• YOUR ASSIGNMENT:
Every line below that holds the string "language" must be copied.

• Data records:
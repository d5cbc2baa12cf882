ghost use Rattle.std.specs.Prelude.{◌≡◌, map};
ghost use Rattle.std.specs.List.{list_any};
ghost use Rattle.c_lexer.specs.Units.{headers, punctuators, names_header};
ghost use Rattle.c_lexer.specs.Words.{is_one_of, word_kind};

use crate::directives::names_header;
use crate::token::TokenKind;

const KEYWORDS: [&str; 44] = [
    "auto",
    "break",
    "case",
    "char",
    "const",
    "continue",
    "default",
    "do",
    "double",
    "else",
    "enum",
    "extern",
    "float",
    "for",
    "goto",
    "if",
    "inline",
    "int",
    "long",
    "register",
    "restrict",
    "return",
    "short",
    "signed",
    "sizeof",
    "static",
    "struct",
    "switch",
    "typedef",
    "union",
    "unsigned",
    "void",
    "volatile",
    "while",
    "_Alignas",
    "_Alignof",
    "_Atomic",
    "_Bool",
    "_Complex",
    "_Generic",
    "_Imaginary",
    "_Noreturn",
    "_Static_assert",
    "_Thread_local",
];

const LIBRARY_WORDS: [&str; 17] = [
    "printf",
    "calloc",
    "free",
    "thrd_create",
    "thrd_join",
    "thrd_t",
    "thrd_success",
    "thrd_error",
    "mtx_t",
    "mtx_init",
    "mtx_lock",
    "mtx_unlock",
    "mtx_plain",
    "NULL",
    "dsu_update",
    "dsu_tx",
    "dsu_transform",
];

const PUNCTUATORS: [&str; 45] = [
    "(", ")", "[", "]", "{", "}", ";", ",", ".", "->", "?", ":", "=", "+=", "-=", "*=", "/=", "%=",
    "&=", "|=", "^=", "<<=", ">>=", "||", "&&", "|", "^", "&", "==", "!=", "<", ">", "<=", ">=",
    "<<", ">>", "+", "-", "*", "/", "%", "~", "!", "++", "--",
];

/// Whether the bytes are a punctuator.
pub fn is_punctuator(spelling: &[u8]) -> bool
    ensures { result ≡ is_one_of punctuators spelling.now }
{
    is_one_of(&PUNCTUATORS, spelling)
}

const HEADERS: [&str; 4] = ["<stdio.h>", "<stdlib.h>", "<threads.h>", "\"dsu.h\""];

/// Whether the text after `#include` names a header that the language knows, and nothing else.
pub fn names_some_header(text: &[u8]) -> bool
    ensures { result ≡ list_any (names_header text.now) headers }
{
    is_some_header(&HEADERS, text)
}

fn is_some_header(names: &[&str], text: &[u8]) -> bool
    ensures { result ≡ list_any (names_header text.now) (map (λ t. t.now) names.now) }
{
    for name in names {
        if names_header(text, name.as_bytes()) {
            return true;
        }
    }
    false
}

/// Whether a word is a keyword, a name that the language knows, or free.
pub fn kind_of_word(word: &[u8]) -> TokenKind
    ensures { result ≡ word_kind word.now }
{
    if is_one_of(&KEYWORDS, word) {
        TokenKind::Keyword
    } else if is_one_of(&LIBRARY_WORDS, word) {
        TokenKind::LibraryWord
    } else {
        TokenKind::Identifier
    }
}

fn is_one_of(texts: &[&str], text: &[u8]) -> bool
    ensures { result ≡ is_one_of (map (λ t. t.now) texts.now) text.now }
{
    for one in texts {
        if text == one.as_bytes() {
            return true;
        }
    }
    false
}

• RESPONSE FOR THIS EXERCISE:
/// Whether the text after `#include` names a header that the language knows, and nothing else.
/// Whether a word is a keyword, a name that the language knows, or free.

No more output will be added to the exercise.